Items listed in a dataset
++++++++++

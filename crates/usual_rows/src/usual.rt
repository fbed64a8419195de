// The usual row in one pass over its bytes: every cell has its form and is within its limit, and LF, or CR and LF, follows the last.
// Any other row is left to `rows`, which says what is wrong with it.
ghost use Rattle.std.specs.Prelude.{◌≡◌, ◌+◌, ◌-◌, ◌^◌, ◌<◌, ◌≤◌, true, length};
ghost use Rattle.rules.specs.SampleFile.{time_cell, power_cell};
ghost use Rattle.usual_rows.specs.Usual.{DigitsTaken, CellOf, TimeOf, PowerOf, PowersOf, EndOf, PowersNamed, UsualOf, UsualLaterOf};

use rules::limits::{MOST_DECIMALS, MOST_KW_DIGITS, MOST_POWER, MOST_TIME, MOST_TIME_DIGITS};
use rules::samples::Sample;
use sheet::numbers::last_worth;
use sheet::rows::{Powers, value_under};
use sheet_headings::headings::Columns;

// The most bytes that a usual row has: 9 digits, three powers of 10 bytes, three commas, CR and LF.
const MOST_USUAL: usize = 44;

// A row, and the place after its LF.
#[derive(Clone, Copy)]
pub struct UsualRow {
    pub sample: Sample,
    pub next: usize,
}

// A number that was read, and where it ends.
#[derive(Clone, Copy)]
struct NumberRead {
    end: usize,
    number: u32,
}

// A cell as the part of the text that it is, and its number.
#[derive(Clone, Copy)]
struct Cell<'a> {
    part: &'a [u8],
    number: u32,
}

// Three powers that were read, and where they end.
#[derive(Clone, Copy)]
struct PowersRead {
    end: usize,
    powers: Powers,
}

// At most so many digits from a place on, after digits whose number is `before`.
fn digits_from(text: &[u8], at: usize, most: usize, before: u32) -> NumberRead
    requires { (at + most ≤ length text.now) × (most ≤ 9) × (before < 10 ^ (9 - most)) }
    ensures { DigitsTaken text.now at most before result }
{
    let mut number = before;
    for i in at..at + most {
        // one test for both ends: a byte below b'0' wraps to a large number
        let digit = u32::from(text[i]).wrapping_sub(48);
        if 9 < digit {
            return NumberRead { end: i, number };
        }
        number = number * 10 + digit;
    }
    NumberRead {
        end: at + most,
        number,
    }
}

// The cell of a time from a place on, handed back as the part of the text that it is: "1 to 9 digits".
fn time_cell(text: &[u8], at: usize) -> Option<Cell<'_>>
    requires { at + 9 ≤ length text.now }
    ensures { CellOf time_cell 9 text.now at result }
{
    let digits = digits_from(text, at, MOST_TIME_DIGITS, 0);
    if digits.end == at {
        return None;
    }
    Some(Cell {
        part: &text[at..digits.end],
        number: digits.number,
    })
}

// The cell of a power, likewise, with its watts: "1 to 6 digits, then nothing or a point and 1 to 3 digits".
fn power_cell(text: &[u8], at: usize) -> Option<Cell<'_>>
    requires { at + 11 ≤ length text.now }
    ensures { CellOf power_cell 10 text.now at result }
{
    let whole = digits_from(text, at, MOST_KW_DIGITS, 0);
    let point = whole.end;
    if point == at {
        return None;
    }
    if text[point] != b'.' {
        return Some(Cell {
            part: &text[at..point],
            number: whole.number * 1000,
        });
    }
    let start = point + 1;
    let all = digits_from(text, start, MOST_DECIMALS, whole.number);
    if all.end == start {
        return None;
    }
    Some(Cell {
        part: &text[at..all.end],
        number: all.number * last_worth(all.end - start),
    })
}

// The time from a place on, "at most 316,223,999".
fn time_from(text: &[u8], at: usize) -> Option<NumberRead>
    requires { at + 9 ≤ length text.now }
    ensures { TimeOf text.now at result }
{
    let cell = time_cell(text, at)?;
    if MOST_TIME < cell.number {
        return None;
    }
    Some(NumberRead {
        end: at + cell.part.len(),
        number: cell.number,
    })
}

// The power after a comma, "at most 50,000 kW".
fn power_after(text: &[u8], comma: usize) -> Option<NumberRead>
    requires { comma + 12 ≤ length text.now }
    ensures { PowerOf text.now comma result }
{
    if text[comma] != b',' {
        return None;
    }
    let start = comma + 1;
    let cell = power_cell(text, start)?;
    if MOST_POWER < cell.number {
        return None;
    }
    Some(NumberRead {
        end: start + cell.part.len(),
        number: cell.number,
    })
}

// Three powers, each after a comma. The loop has the one call of `power_after`, so that it costs no call.
fn powers_after(text: &[u8], comma: usize) -> Option<PowersRead>
    requires { comma + 34 ≤ length text.now }
    ensures { PowersOf text.now comma result }
{
    let mut watts = [0; 3];
    let mut end = comma;
    for watt in watts.iter_mut() {
        let Some(power) = power_after(text, end) else {
            return None;
        };
        *watt = power.number;
        end = power.end;
    }
    let powers = Powers {
        second: watts[0],
        third: watts[1],
        fourth: watts[2],
    };
    Some(PowersRead { end, powers })
}

// The end of a line at a place: "at LF (one CR just before it is dropped)".
fn end_from(text: &[u8], at: usize) -> Option<usize>
    requires { at + 2 ≤ length text.now }
    ensures { EndOf text.now at result }
{
    let second = at + 1;
    if text[at] == b'\n' {
        return Some(second);
    }
    if (text[at] == b'\r') & (text[second] == b'\n') {
        return Some(second + 1);
    }
    None
}

// Whether each column after the time's has the name of a power.
fn powers_named(columns: Columns) -> bool
    ensures { result ≡ true → PowersNamed columns }
{
    (0 < columns.second)
        & (columns.second <= 3)
        & (0 < columns.third)
        & (columns.third <= 3)
        & (0 < columns.fourth)
        & (columns.fourth <= 3)
}

// Whether so many bytes have room for a usual row from a place on.
fn has_room(len: usize, at: usize) -> bool
    ensures { result ≡ true → at + 44 ≤ len }
{
    MOST_USUAL <= len && at <= len - MOST_USUAL
}

// The line from a place on, where it is a usual row.
pub fn usual_row(columns: Columns, text: &[u8], at: usize) -> Option<UsualRow>
    ensures { UsualOf columns text.now at result }
{
    if !has_room(text.len(), at) || !powers_named(columns) {
        return None;
    }
    let Some(time) = time_from(text, at) else {
        return None;
    };
    let cells = powers_after(text, time.end)?;
    let next = end_from(text, cells.end)?;
    let sample = Sample {
        at: time.number,
        load: value_under(1, columns, cells.powers),
        solar: value_under(2, columns, cells.powers),
        sheddable: value_under(3, columns, cells.powers),
    };
    if sample.load < sample.sheddable {
        return None;
    }
    Some(UsualRow { sample, next })
}

// The row from a place of the chunk on, where it is a usual one that is later than the last.
pub fn usual_later(columns: Columns, last: u32, chunk: &[u8], at: usize) -> Option<UsualRow>
    ensures { UsualLaterOf columns last chunk.now at result }
{
    let row = usual_row(columns, chunk, at)?;
    if row.sample.at <= last {
        return None;
    }
    Some(row)
}
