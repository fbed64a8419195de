#![tactic(auto)]
// A usual row of the sample file, read in one pass over its bytes.
pub mod usual;
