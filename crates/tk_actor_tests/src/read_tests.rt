//! The calls of `tk_journal` that read an object at a position, which no command makes, and the children that a cache shows.
ghost use Rattle.tk_journal.specs.Legal.{IsLegal};

use crate::journals::{fresh, journal_of, show};
use std::alloc::{AllocError, Global};
use std::test::Fail;
use tk_journal::{Ending, Journal, Object, PodState, RunState, TaskRunState};
use tk_types::{Kind, Outcome, Text};

/// Inputs, and behind `=> ` what is read of their journals: a kind, a name and a position, and behind `: ` the version there
/// and the object. In the first a pending run is asked to start, and the first attempt of its task fails; in the second a user
/// asks before the task has a TaskRun that the run be cancelled, and in the third that a TaskRun be. An empty line parts them.
const ROWS: &str = r#"{"apiVersion": "v1", "kind": "List", "items": [
    {"apiVersion": "tekton.dev/v1", "kind": "PipelineRun", "metadata": {"name": "r"}, "spec": {"status": "PipelineRunPending", "pipelineSpec": {"tasks": [{"name": "a", "retries": 1, "taskSpec": {"steps": [{"command": ["true"]}]}}]}}},
    {"apiVersion": "tkn.local/v1", "kind": "Scenario", "metadata": {"name": "s"}, "spec": {"outcomes": [{"taskRun": "r-a", "attempt": 1, "exits": [3]}], "events": ["ask r Start"]}}]}
=> Runs r 0: 0 none
Runs r 1: 1 pending true asked 0 started false stops 0 tasks 0 closed false
Runs r 16: 16 pending false asked 1 started true stops 0 tasks 1 closed true
TaskRuns r 16: 0 none
TaskRuns r-a 4: 0 none
TaskRuns r-a 9: 6 retries 1 marked false attempts 1 open
TaskRuns r-a 15: 15 retries 1 marked false attempts 2 succeeded
Pods r-a-pod-1 7: 7 attempt 1 claimed false ended false
Pods r-a-pod-1 16: 9 attempt 1 claimed true ended true
Children r 4: none
Children r 16: r-a
Runs r 17: not yet

{"apiVersion": "v1", "kind": "List", "items": [
    {"apiVersion": "tekton.dev/v1", "kind": "PipelineRun", "metadata": {"name": "r"}, "spec": {"pipelineSpec": {"tasks": [{"name": "a", "taskSpec": {"steps": [{"command": ["true"]}]}}]}}},
    {"apiVersion": "tkn.local/v1", "kind": "Scenario", "metadata": {"name": "s"}, "spec": {"events": ["deliver controller 0 all", "turn runs 0", "deliver controller 0 all", "turn runs 0", "ask r Cancelled"]}}]}
=> Runs r 4: 4 pending false asked 1 started true stops 0 tasks 1 closed false
Runs r 8: 8 pending false asked 1 started true stops 1 tasks 1 closed true
TaskRuns r-a 6: 6 retries 0 marked true attempts 0 open
TaskRuns r-a 8: 7 retries 0 marked true attempts 0 cancelled
Runs r 9: not yet

{"apiVersion": "v1", "kind": "List", "items": [
    {"apiVersion": "tekton.dev/v1", "kind": "TaskRun", "metadata": {"name": "t"}, "spec": {"taskSpec": {"steps": [{"command": ["true"]}]}}},
    {"apiVersion": "tkn.local/v1", "kind": "Scenario", "metadata": {"name": "s"}, "spec": {"events": ["ask t TaskRunCancelled"]}}]}
=> TaskRuns t 1: 1 retries 0 marked false attempts 0 open
TaskRuns t 3: 3 retries 0 marked true attempts 0 cancelled
TaskRuns t 4: not yet"#;

fn run_line(alloc: Global, run: &RunState) -> Result<String, AllocError> {
    format!(in alloc;
        "pending {} asked {} started {} stops {} tasks {} closed {}",
        run.pending,
        run.asked.len(),
        run.start.is_some(),
        run.stops.len(),
        run.scheduled.len(),
        run.closed.is_some()
    )
}

fn ending(closed: &Option<Ending>) -> &'static str {
    match closed {
        None => "open",
        Some(Ending::Of(Outcome::Succeeded(_))) => "succeeded",
        Some(Ending::Of(Outcome::Cancelled)) => "cancelled",
        Some(_) => "ended",
    }
}

fn task_run_line(alloc: Global, task_run: &TaskRunState) -> Result<String, AllocError> {
    format!(in alloc;
        "retries {} marked {} attempts {} {}",
        task_run.spec.retries,
        task_run.marked,
        task_run.attempts.len(),
        ending(&task_run.closed)
    )
}

fn pod_line(alloc: Global, pod: &PodState) -> Result<String, AllocError> {
    format!(in alloc;
        "attempt {} claimed {} ended {}",
        pod.attempt,
        pod.claim.is_some(),
        pod.ended.is_some()
    )
}

/// An object at a position, in words.
fn line(
    alloc: Global,
    journal: &Journal,
    kind: Kind,
    name: &str,
    position: u64,
) -> Result<String, AllocError> {
    if journal.len() < position {
        return String::from_str(alloc, "no object");
    }
    match journal.object_at(alloc, kind, name, position)? {
        None => String::from_str(alloc, "none"),
        Some(Object::Run(run)) => run_line(alloc, &run),
        Some(Object::TaskRun(task_run)) => task_run_line(alloc, &task_run),
        Some(Object::Pod(pod)) => pod_line(alloc, &pod),
    }
}

/// Its version and itself.
fn object(
    alloc: Global,
    journal: &Journal,
    kind: Kind,
    name: &str,
    position: u64,
) -> Result<String, AllocError> {
    if journal.len() < position {
        return String::from_str(alloc, "not yet");
    }
    let version = journal.version_of(kind, name, position);
    let line = line(alloc, journal, kind, name, position)?;
    format!(in alloc; "{version} {line}")
}

/// Names with a blank between each two, or `none`.
fn names_told(alloc: Global, names: &[Text]) -> Result<String, AllocError> {
    let mut text = String::new(alloc);
    for name in names {
        if !text.is_empty() {
            text.push_str(" ")?;
        }
        text.push_str(name.as_str())?;
    }
    if text.is_empty() {
        text.push_str("none")?;
    }
    Ok(text)
}

/// The children of a run that a cache shows once it lists runs and TaskRuns as they stood at a position.
fn children(
    alloc: Global,
    journal: &Journal,
    run: &str,
    position: u64,
) -> Result<String, AllocError>
    requires { IsLegal journal.now.history }
{
    let mut cache = fresh(alloc, journal);
    show(&mut cache, journal, Kind::Runs, position)?;
    show(&mut cache, journal, Kind::TaskRuns, position)?;
    names_told(alloc, cache.cache().children(run))
}

/// What is read of a journal by a kind, a name and a position.
fn read(alloc: Global, journal: &Journal, query: &str) -> Result<String, AllocError>
    requires { IsLegal journal.now.history }
{
    let (kind, rest) = query.split_once(' ').unwrap_or((query, ""));
    let (name, position) = rest.split_once(' ').unwrap_or((rest, ""));
    let position = position.parse::<u64>().unwrap_or(0);
    match kind {
        "Runs" => object(alloc, journal, Kind::Runs, name, position),
        "TaskRuns" => object(alloc, journal, Kind::TaskRuns, name, position),
        "Pods" => object(alloc, journal, Kind::Pods, name, position),
        "Children" => children(alloc, journal, name, position),
        _ => String::from_str(alloc, "no kind"),
    }
}

/// The lines of a row with what is read of its journal.
fn read_all(alloc: Global, journal: &Journal, lines: &str) -> Result<String, AllocError>
    requires { IsLegal journal.now.history }
{
    let mut text = String::new(alloc);
    for line in lines.split('\n') {
        let (query, _) = line.split_once(": ").unwrap_or((line, ""));
        if !text.is_empty() {
            text.push_str("\n")?;
        }
        text.push_str(query)?;
        text.push_str(": ")?;
        text.push_str(read(alloc, journal, query)?.as_str())?;
    }
    Ok(text)
}

/// The same of an input, where it is admitted.
fn told(alloc: Global, input: &str, lines: &str) -> Result<String, AllocError> {
    match journal_of(alloc, input) {
        Some(journal) => read_all(alloc, &journal, lines),
        None => String::from_str(alloc, "refused"),
    }
}

#[test]
fn objects_are_what_the_entries_leave(rt: HostRuntime) -> Result<(), Fail> {
    for row in ROWS.split("\n\n") {
        let (input, wanted) = row.split_once("\n=> ").unwrap_or((row, "no answer"));
        assert_eq!(rt;
            told(rt.alloc(), input, wanted)?.as_str(),
            wanted,
            "of {input}"
        );
    }
    Ok(())
}
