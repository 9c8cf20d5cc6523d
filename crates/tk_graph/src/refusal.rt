ghost use Rattle.std.specs.Prelude.{◌≡◌};
ghost use Rattle.tk_graph.specs.declared.refusal.OrderError.TheVariants.{Memory};

use std::alloc::AllocError;
use tk_types::{List, Text};

/// Why tasks have no order.
#[derive(Drop)]
pub enum OrderError {
    /// The task at this place is the first that names a parent that there isn't, and this is its first such name.
    UnknownTask { task: u32, name: Text },
    /// The names of tasks each of which is a parent of the one before it, and the first of the last.
    Cycle { names: List<Text> },
    /// There was not enough memory.
    Memory,
}

impl From<AllocError> for OrderError {
    ghost from_gives = { λ _ e. e ≡ Memory };

    fn from(_e: AllocError) -> OrderError {
        OrderError::Memory
    }
}
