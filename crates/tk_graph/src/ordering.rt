ghost use Rattle.std.specs.Prelude.{◌≡◌, ◌≢◌, ◌<◌, ◌^◌, [], None, length, map, IfOk, IfErr, OnOk};
ghost use Rattle.std.specs.List.{range_with_len};
ghost use Rattle.tk_graph.specs.Cycle.{left_of, cycle_of, cycle_names, name_at};
ghost use Rattle.tk_graph.specs.Order.{IsOrderRefusal};
ghost use Rattle.tk_graph.specs.Parents.{parents as parents_of, IsRanking};
ghost use Rattle.tk_graph.specs.Unknown.{first_unknown as first_unknown_of};

use crate::above::{all_parents, edges};
use crate::laws::acyclic;
use crate::names::Names;
use crate::refusal::OrderError;
use crate::removal::{places, remove};
use crate::unknown::first_unknown;
use crate::walk::{first_left, names_at, walk};
use std::alloc::{AllocError, Global};
use tk_types::{List, PipelineTask, Text};

/// A rank for each task, by its place.
#[derive(Drop)]
pub struct Ranks {
    pub list: List<u32>,
}

/// Ranks, or the names of the cycle that keeps tasks from having them. The only error is want of memory.
fn ranked(
    alloc: Global,
    tasks: &[PipelineTask],
    above: &[List<u32>],
) -> Result<Result<Ranks, List<Text>>, AllocError>
    requires few { length tasks.now < 2 ^ 32 }
    requires parents { above.now ≡ map (parents_of tasks.now) (range_with_len 0 (length tasks.now)) }
    ensures ranks { IfOk result (λ found. IfOk found (λ ranks. IsRanking tasks.now ranks.list)) }
    ensures left { IfOk result (λ found. IfErr found (λ names. left_of tasks.now ≢ [])) }
    ensures names { IfOk result (λ found. IfErr found (λ names. names ≡ map (name_at tasks.now) (cycle_of tasks.now))) }
{
    let ranks = remove(alloc, above)?;
    let all = places(alloc, tasks.len())?;
    let Some(first) = first_left(all.as_slice(), ranks.as_slice()) else {
        return Ok(Ok(Ranks {
            list: List::from_vec(ranks),
        }));
    };
    let cycle = walk(alloc, above, ranks.as_slice(), first)?;
    let names = names_at(alloc, tasks, cycle.as_slice())?;
    Ok(Err(names))
}

/// Ranks that rise from each parent to its child, in time near the number of tasks and parents. Refused are a name of a
/// parent that no task has, the first by the task's place and then by the order of its names, and after that a cycle:
/// from the first task that can't be ranked to its first parent that can't be, and so on until one comes twice, the
/// names from its first coming on (Tekton, Pipelines, Using the runAfter field).
pub fn order(alloc: Global, tasks: &[PipelineTask]) -> Result<Ranks, OrderError>
    requires { length tasks.now < 2 ^ 32 }
    ensures ranks { IfOk result (λ ranks. IsRanking tasks.now ranks.list) }
    ensures known { OnOk result (first_unknown_of tasks.now ≡ None) }
    ensures refused { IfErr result (IsOrderRefusal tasks.now) }
{
    let names = Names::new(alloc, tasks)?;
    if let Some((task, name)) = first_unknown(alloc, &names)? {
        return Err(OrderError::UnknownTask { task, name });
    }
    let above = edges(alloc, &names)?;
    match ranked(alloc, tasks, above.as_slice())? {
        Ok(ranks) => Ok(ranks),
        Err(names) => Err(OrderError::Cycle { names }),
    }
}

/// The names of a cycle among the tasks that can't be ranked, if there are such: from the first of them to its first
/// parent that can't be, and so on until one comes twice, the names from its first coming on. A name that no task has
/// is passed over (Tekton, Pipelines, Using the runAfter field). The only error is want of memory.
pub fn cycle(alloc: Global, tasks: &[PipelineTask]) -> Result<Option<List<Text>>, AllocError>
    requires { length tasks.now < 2 ^ 32 }
    ensures { IfOk result (λ names. names ≡ cycle_names tasks.now) }
{
    acyclic();
    let above = all_parents(alloc, tasks)?;
    match ranked(alloc, tasks, above.as_slice())? {
        Ok(_ranks) => Ok(None),
        Err(names) => Ok(Some(names)),
    }
}
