ghost use Rattle.std.specs.Prelude.{◌≡◌, ◌<◌, ◌^◌, List, [], ℕ, length, bytes_eq, IfOk};
ghost use Rattle.std.specs.Option.{option_map_or};
ghost use Rattle.std.specs.HashMap.{get_by};
ghost use Rattle.tk_graph.specs.Index.{places_of_name};
ghost use Rattle.tk_graph.specs.Unknown.{is_known};

use std::alloc::{AllocError, Global};
use std::collections::HashMap;
use std::marker::Model;
use tk_types::PipelineTask;

/// The tasks of a pipeline, found by their names. A contract sees the tasks.
#[derive(Drop)]
pub struct Names<'a> {
    tasks: &'a [PipelineTask],
    places: HashMap<&'a str, Vec<u32>>,
}

impl<'a> Model for Names<'a> {
    ghost use Rattle.std.specs.Prelude.{◌≡◌, List, [], ℕ, bytes_eq};
    ghost use Rattle.std.specs.Option.{option_map_or};
    ghost use Rattle.std.specs.HashMap.{get_by};
    ghost use Rattle.tk_types.specs.declared.task.PipelineTask.{PipelineTask};
    ghost use Rattle.tk_graph.specs.Index.{places_of_name};

    ghost Value = { List PipelineTask };

    ghost view = { λ names. names.tasks.now };

    ghost invariant = { λ names. (name : List ℕ)
        → option_map_or (λ group. group.items) (get_by (λ k. bytes_eq name k.now) names.places) [] ≡ places_of_name names.tasks.now name };
}

impl<'a> Names<'a> {
    /// The names of these tasks.
    pub fn new(alloc: Global, tasks: &'a [PipelineTask]) -> Result<Self, AllocError>
        requires { length tasks.now < 2 ^ 32 }
        ensures { IfOk result (λ names. names ≡ tasks.now) }
    {
        Ok(Names {
            tasks,
            places: grouped(alloc, tasks)?,
        })
    }

    /// The tasks.
    pub fn tasks(&self) -> &'a [PipelineTask]
        ensures { result.now ≡ self.now }
    {
        self.tasks
    }

    /// The places of the tasks of a name, ascending.
    pub fn places(&self, name: &str) -> &[u32]
        ensures { result.now ≡ places_of_name self.now name.now }
    {
        match self.places.get(name) {
            Some(group) => group.as_slice(),
            None => &[],
        }
    }

    /// Whether some task has the name.
    pub fn contains(&self, name: &str) -> bool
        ensures { result ≡ is_known self.now name.now }
    {
        !self.places(name).is_empty()
    }
}

/// The places of each name.
fn grouped<'a>(
    alloc: Global,
    tasks: &'a [PipelineTask],
) -> Result<HashMap<&'a str, Vec<u32>>, AllocError>
    requires { length tasks.now < 2 ^ 32 }
    ensures { IfOk result (λ places. (name : List ℕ)
        → option_map_or (λ group. group.items) (get_by (λ k. bytes_eq name k.now) places) [] ≡ places_of_name tasks.now name) }
{
    let mut places: HashMap<&'a str, Vec<u32>> = HashMap::new(alloc);
    for (place, task) in tasks.iter().enumerate() {
        places
            .entry(task.name.as_str())?
            .or_default()
            .push(place as u32)?;
    }
    Ok(places)
}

++++++++++

ACTION ITEM => Check each line of the data above for the string "load", and copy the ones that have it.

EXERCISE OUTPUT =>
        load: value_under(1, columns, cells.powers),
    if sample.load < sample.sheddable {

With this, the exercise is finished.